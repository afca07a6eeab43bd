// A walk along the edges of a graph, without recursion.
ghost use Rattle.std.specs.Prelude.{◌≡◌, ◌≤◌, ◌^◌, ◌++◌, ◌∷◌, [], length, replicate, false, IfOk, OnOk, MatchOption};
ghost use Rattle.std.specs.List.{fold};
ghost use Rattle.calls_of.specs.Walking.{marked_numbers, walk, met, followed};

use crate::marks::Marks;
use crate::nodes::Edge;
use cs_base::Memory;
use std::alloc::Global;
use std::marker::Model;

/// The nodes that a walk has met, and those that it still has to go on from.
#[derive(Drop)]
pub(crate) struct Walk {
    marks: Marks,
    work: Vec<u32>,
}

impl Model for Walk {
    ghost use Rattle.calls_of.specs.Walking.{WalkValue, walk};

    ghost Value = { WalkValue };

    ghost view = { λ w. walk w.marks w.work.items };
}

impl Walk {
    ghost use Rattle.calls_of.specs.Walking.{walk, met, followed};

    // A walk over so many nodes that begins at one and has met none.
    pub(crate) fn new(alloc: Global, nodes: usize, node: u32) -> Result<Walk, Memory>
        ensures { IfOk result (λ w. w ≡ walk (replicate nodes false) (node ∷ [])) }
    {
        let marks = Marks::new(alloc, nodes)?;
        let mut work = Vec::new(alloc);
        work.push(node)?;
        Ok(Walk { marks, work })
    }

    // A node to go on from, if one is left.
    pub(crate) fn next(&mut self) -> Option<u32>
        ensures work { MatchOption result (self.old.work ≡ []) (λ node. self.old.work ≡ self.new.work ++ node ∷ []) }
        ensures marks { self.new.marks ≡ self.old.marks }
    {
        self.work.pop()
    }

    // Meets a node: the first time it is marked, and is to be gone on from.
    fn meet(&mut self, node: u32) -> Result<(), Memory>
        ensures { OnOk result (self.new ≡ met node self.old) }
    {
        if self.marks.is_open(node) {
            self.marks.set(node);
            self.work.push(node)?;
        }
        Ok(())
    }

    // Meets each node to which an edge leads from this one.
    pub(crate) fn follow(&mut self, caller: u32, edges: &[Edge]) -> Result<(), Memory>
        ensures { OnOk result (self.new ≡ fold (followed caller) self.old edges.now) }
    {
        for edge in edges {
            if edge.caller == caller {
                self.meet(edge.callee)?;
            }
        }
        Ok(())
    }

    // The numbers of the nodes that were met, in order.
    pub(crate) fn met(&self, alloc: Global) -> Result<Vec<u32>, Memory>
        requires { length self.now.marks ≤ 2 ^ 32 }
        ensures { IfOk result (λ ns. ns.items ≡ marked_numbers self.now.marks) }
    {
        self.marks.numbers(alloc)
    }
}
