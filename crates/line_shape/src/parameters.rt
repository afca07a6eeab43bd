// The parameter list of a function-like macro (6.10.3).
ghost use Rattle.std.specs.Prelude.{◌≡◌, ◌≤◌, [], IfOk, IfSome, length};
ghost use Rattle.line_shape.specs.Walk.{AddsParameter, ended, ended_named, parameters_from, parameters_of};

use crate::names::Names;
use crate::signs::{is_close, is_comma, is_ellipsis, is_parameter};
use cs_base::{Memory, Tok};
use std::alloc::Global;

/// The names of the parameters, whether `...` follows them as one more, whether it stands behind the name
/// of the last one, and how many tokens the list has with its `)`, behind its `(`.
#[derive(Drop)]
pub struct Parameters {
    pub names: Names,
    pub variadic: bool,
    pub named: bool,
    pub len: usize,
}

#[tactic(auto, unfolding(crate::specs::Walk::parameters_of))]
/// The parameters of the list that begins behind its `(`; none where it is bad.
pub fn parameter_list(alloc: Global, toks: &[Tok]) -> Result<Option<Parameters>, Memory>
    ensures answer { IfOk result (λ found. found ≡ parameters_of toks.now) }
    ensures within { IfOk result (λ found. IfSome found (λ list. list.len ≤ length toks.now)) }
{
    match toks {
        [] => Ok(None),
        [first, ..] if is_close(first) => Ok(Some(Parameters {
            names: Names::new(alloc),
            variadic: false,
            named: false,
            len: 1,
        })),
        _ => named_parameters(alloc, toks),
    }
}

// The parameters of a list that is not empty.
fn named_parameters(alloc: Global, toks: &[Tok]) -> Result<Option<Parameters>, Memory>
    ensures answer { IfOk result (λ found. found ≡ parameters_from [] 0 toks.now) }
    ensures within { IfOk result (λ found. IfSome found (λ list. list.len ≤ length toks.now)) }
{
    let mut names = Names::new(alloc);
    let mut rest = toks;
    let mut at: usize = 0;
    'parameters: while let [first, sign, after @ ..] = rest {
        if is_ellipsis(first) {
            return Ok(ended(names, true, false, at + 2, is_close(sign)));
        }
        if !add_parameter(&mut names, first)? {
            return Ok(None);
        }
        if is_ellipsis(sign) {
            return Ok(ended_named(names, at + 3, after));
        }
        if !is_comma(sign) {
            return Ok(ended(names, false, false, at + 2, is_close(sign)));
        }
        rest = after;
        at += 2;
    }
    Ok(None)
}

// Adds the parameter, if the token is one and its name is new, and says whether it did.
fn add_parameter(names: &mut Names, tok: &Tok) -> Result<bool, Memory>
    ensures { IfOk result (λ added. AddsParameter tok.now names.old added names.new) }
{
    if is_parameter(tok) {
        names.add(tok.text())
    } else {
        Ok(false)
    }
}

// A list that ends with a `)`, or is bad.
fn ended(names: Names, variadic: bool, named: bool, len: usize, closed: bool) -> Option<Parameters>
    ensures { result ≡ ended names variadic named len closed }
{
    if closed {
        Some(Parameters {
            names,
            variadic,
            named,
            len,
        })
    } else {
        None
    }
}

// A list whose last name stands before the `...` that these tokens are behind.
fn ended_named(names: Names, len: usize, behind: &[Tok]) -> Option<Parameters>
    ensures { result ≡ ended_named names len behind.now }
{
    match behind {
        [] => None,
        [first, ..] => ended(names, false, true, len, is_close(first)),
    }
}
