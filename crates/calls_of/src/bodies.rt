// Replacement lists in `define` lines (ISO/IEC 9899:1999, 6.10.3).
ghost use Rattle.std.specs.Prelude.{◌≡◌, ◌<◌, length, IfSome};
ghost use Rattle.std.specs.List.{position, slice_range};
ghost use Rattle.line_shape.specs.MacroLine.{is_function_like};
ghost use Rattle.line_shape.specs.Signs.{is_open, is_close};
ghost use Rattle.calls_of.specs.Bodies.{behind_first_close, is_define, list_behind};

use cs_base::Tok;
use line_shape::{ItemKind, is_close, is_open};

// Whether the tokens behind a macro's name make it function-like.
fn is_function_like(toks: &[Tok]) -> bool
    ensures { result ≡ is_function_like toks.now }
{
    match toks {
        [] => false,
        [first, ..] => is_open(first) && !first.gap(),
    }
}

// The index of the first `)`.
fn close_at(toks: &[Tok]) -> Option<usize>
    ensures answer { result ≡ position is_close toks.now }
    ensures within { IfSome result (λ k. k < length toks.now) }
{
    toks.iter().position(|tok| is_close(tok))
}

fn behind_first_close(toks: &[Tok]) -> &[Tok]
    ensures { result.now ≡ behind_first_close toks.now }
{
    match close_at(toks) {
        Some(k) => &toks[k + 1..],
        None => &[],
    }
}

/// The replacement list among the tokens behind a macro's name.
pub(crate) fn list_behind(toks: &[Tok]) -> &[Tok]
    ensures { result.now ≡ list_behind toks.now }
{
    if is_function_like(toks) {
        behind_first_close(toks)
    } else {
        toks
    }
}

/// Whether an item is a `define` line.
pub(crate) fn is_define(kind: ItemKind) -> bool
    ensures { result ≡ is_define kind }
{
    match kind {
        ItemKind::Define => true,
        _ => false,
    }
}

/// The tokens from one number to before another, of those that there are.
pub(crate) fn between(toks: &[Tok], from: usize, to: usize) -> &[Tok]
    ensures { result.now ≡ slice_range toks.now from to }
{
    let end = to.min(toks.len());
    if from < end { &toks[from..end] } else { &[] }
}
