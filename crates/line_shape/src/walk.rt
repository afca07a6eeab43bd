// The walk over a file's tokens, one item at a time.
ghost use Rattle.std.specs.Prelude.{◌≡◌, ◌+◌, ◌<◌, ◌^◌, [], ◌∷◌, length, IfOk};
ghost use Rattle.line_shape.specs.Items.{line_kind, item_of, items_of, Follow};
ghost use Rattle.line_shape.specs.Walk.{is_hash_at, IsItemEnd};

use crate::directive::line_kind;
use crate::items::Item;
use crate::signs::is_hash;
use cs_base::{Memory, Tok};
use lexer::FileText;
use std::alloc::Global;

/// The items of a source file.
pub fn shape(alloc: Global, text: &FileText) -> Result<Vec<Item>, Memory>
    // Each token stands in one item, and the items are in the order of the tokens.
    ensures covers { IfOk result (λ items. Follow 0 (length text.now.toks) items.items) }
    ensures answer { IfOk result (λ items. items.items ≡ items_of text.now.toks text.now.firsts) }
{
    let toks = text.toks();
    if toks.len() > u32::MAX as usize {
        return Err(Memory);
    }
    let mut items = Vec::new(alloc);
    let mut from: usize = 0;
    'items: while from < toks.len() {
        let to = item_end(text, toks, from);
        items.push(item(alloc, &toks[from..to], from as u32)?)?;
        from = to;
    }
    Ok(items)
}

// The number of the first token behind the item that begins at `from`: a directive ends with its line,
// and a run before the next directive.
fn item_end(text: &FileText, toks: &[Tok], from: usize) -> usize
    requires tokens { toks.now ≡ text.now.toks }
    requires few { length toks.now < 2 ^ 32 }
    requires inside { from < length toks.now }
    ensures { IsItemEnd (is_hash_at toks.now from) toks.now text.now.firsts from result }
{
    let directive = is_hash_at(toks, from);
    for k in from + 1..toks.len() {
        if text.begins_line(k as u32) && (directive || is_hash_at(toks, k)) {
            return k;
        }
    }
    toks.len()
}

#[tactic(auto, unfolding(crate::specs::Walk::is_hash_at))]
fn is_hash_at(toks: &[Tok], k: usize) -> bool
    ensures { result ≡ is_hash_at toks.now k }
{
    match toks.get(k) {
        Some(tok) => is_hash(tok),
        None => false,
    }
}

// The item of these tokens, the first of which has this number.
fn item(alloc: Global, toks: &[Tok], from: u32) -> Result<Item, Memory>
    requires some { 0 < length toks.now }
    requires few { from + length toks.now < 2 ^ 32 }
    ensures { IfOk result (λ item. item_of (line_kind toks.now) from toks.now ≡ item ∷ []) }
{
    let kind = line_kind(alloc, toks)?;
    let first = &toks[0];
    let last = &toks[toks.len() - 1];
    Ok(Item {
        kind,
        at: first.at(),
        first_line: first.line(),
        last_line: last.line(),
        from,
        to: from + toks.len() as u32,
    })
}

-*-*-

## Activity
Of the entries above, repeat exactly the lines from the line with "let toks = text.toks();" through the line with "the next directive.", both of them included.

## Response to the exercise
    let toks = text.toks();
    if toks.len() > u32::MAX as usize {
        return Err(Memory);
    }
    let mut items = Vec::new(alloc);
    let mut from: usize = 0;
    'items: while from < toks.len() {
        let to = item_end(text, toks, from);
        items.push(item(alloc, &toks[from..to], from as u32)?)?;
        from = to;
    }
    Ok(items)
}

// The number of the first token behind the item that begins at `from`: a directive ends with its line,
// and a run before the next directive.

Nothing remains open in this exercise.